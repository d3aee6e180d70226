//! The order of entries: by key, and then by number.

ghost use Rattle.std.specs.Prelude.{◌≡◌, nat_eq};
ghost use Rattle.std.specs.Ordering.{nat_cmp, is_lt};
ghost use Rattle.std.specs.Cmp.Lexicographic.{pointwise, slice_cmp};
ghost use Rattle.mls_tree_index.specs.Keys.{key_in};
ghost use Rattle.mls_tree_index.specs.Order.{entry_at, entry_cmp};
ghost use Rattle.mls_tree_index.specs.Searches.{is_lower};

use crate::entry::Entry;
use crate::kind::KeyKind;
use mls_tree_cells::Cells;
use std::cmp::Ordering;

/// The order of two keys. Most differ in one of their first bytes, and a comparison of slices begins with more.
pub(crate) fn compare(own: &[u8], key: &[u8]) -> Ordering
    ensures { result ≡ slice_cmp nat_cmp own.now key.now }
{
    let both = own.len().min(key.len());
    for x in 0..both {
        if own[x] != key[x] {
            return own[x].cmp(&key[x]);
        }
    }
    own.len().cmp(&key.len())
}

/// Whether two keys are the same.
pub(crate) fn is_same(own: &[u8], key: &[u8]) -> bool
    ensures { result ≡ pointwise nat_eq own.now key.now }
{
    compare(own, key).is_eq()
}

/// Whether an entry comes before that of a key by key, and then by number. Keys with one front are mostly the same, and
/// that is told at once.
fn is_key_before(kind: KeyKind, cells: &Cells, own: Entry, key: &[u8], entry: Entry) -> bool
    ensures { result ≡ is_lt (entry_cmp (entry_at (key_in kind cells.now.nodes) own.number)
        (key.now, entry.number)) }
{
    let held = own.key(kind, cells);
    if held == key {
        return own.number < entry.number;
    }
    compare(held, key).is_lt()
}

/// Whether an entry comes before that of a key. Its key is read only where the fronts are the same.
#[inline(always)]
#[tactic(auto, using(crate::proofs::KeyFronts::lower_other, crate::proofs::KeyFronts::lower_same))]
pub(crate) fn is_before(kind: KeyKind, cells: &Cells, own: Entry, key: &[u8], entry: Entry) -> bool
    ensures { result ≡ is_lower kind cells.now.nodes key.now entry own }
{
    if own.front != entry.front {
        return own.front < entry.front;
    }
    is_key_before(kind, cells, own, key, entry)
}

*WHAT THE TASK ASKS*.
Going down the listing above, begin printing at the line with "use std::cmp::Ordering;" and finish with the line with "pub(crate) fn is_same(own: &[u8], key: &[u8])", exactly as they appear.

*ANSWER SECTION*.
use std::cmp::Ordering;

/// The order of two keys. Most differ in one of their first bytes, and a comparison of slices begins with more.
pub(crate) fn compare(own: &[u8], key: &[u8]) -> Ordering
    ensures { result ≡ slice_cmp nat_cmp own.now key.now }
{
    let both = own.len().min(key.len());
    for x in 0..both {
        if own[x] != key[x] {
            return own[x].cmp(&key[x]);
        }
    }
    own.len().cmp(&key.len())
}

/// Whether two keys are the same.
pub(crate) fn is_same(own: &[u8], key: &[u8]) -> bool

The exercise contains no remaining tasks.